PROJECT SUMMARY Hearing loss is a major health concern in our society, affecting over 360 million people worldwide (World Health Organization, 2017). Aminoglycoside chemotherapy causes permanent hearing loss in 20-25% of treated patients. To date, no drugs have been approved by the Food and Drug Administration for protection from aminoglycoside-related hearing loss. Most candidate compounds currently in pre-clinical trials are related to antioxidants, vitamins, and glutathione metabolism, and thus many of these compounds, such as sodium thiosulfate, can interfere with aminoglycoside bactericidal activity. We have conducted a high-throughput screen of bioactive synthetic and natural compounds employing zebrafish as our platform for aminoglycoside ototoxicity and identified a natural compound as an important therapeutic molecule for aminoglycoside-induced cell death and hearing loss. Our Specific Aim is to test whether this natural compound protects from aminoglycoside-induced hearing loss by systemic delivery in a mouse model. Our approach is to intraperitoneally administer the compound for 15 days in adult C57BL/6 mice treated with kanamycin, measure their ABR and DPOAEs thresholds, EPs and analyze their cochlear histology. The maximum non-toxic dose of this compound will be experimentally determined and tested for hearing-protective effects. This work will shed light on the possibility of using this natural compound to combat aminoglycoside-induced hearing loss. The results of this study will provide the key proof of principle to develop novel therapeutic strategies against side effects of aminoglycoside chemotherapy. In the future, we will also test the efficacy of this compound to protect against cisplatin- noise- and age-related hearing loss. If successful, this proposal, has the potential to be a significant step forward for the treatment of aminoglycoside- induced hearing loss in patients suffering from severe Gram-negative bacterial infections.

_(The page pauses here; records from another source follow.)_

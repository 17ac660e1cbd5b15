ghost use Rattle.std.specs.Prelude.{◌≡◌, ◌++◌, IfOk, string_bytes};
ghost use Rattle.vx_cli.specs.Shown.{shown};
ghost use Rattle.vx_cli.specs.Texts.{listed, of_component, graph_text, plan_text};

use crate::showing::shown;
use std::alloc::{AllocError, Global};
use vx_graph::GraphFault;
use vx_reading::PlanFault;
use vx_value::Text;

/// What is wrong with a configuration, in words for people; nothing for want of memory.
pub(crate) fn plan_text(alloc: Global, fault: &PlanFault) -> Result<String, AllocError>
    ensures { IfOk result (λ text. string_bytes text ≡ plan_text fault.now) }
{
    match fault {
        PlanFault::MissingVariable { name, at } => {
            let name = shown(alloc, name)?;
            format!(in alloc; "missing variable {name} at {at}")
        }
        PlanFault::NotToml => format!(in alloc; "not a TOML document"),
        PlanFault::UnknownKind { path } => told_at(alloc, "unknown kind at ", path),
        PlanFault::UnknownOption { path } => told_at(alloc, "unknown option ", path),
        PlanFault::MissingOption { path } => told_at(alloc, "missing option ", path),
        PlanFault::BadValue { path } => told_at(alloc, "bad value at ", path),
        PlanFault::TooMany { path, found, limit } => {
            let path = shown(alloc, path)?;
            format!(in alloc; "too many at {path}: {found}, limit {limit}")
        }
        PlanFault::Graph(fault) => graph_text(alloc, fault),
        PlanFault::WantOfMemory => Ok(String::new(alloc)),
    }
}

/// What is wrong with a graph, in words for people; nothing for want of memory.
fn graph_text(alloc: Global, fault: &GraphFault) -> Result<String, AllocError>
    ensures { IfOk result (λ text. string_bytes text ≡ graph_text fault.now) }
{
    match fault {
        GraphFault::NoSources => format!(in alloc; "no sources"),
        GraphFault::NoSinks => format!(in alloc; "no sinks"),
        GraphFault::NoInputs(name) => {
            let place = of_component(alloc, name)?;
            format!(in alloc; "no inputs{place}")
        }
        GraphFault::UnknownInput { name, input } => {
            let input = shown(alloc, input)?;
            let place = of_component(alloc, name)?;
            format!(in alloc; "unknown input {input}{place}")
        }
        GraphFault::Cycle(names) => {
            let names = listed(alloc, names.as_slice())?;
            format!(in alloc; "cycle {names}")
        }
        GraphFault::WantOfMemory => Ok(String::new(alloc)),
    }
}

/// Whose inputs a graph's fault is about.
fn of_component(alloc: Global, name: &Text) -> Result<String, AllocError>
    ensures { IfOk result (λ place. string_bytes place ≡ of_component name.now) }
{
    told_at(alloc, " of component ", name)
}

/// What is wrong, and a name or a path behind it as it is printed.
fn told_at(alloc: Global, what: &str, name: &Text) -> Result<String, AllocError>
    ensures { IfOk result (λ text. string_bytes text ≡ what.now ++ shown name.now) }
{
    let name = shown(alloc, name)?;
    format!(in alloc; "{what}{name}")
}

/// Names as they are printed, with a comma and a blank between two of them. They are those of a cycle, which has at most 256.
fn listed(alloc: Global, names: &[Text]) -> Result<String, AllocError>
    ensures { IfOk result (λ text. string_bytes text ≡ listed names.now) }
{
    match names {
        [] => Ok(String::new(alloc)),
        [name] => shown(alloc, name),
        [name, rest @ ..] => {
            let name = shown(alloc, name)?;
            let rest = listed(alloc, rest)?;
            format!(in alloc; "{name}, {rest}")
        }
    }
}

项目摘要 听力损失是我们社会的主要健康问题，全世界影响超过3.6亿人 （世界卫生组织，2017年）。氨基糖苷化疗导致永久性听力损失 20-25％的治疗患者。迄今为止，尚未获得食品和药物的批准 保护与氨基糖苷相关的听力损失的保护。大多数候选化合物 目前，临床前试验与抗氧化剂，维生素和谷胱甘肽代谢有关，以及 因此，许多这些化合物（例如硫代硫酸钠）都会干扰氨基糖苷 杀菌活性。 我们已经进行了生物活性合成和天然化合物的高通量屏幕 利用斑马鱼作为我们的氨基糖苷耳毒性的平台，并确定了天然化合物 作为氨基糖苷诱导的细胞死亡和听力丧失的重要治疗分子。 我们的具体目的是测试这种天然化合物是否可以保护氨基糖苷诱导的 在鼠标模型中全身传递的听力损失。我们的方法是腹膜内管理 成人C57BL/6小鼠用卡纳霉素治疗的化合物15天，测量其ABR和 DPOAES阈值，EPS和分析其人工耳蜗学。最大无毒剂量 化合物将经过实验确定并测试听力保护作用。这项工作将 阐明使用这种天然化合物对抗氨基糖苷诱导的可能性 听力损失。 这项研究的结果将为制定新型治疗策略提供原则的关键证明 反对氨基糖苷化学疗法的副作用。将来，我们还将测试 这种化合物可预防顺铂 - 噪声和年龄相关的听力损失。如果成功，这 提案有可能成为治疗氨基糖苷 - 患有严重革兰氏阴性细菌感染的患者的诱发听力损失。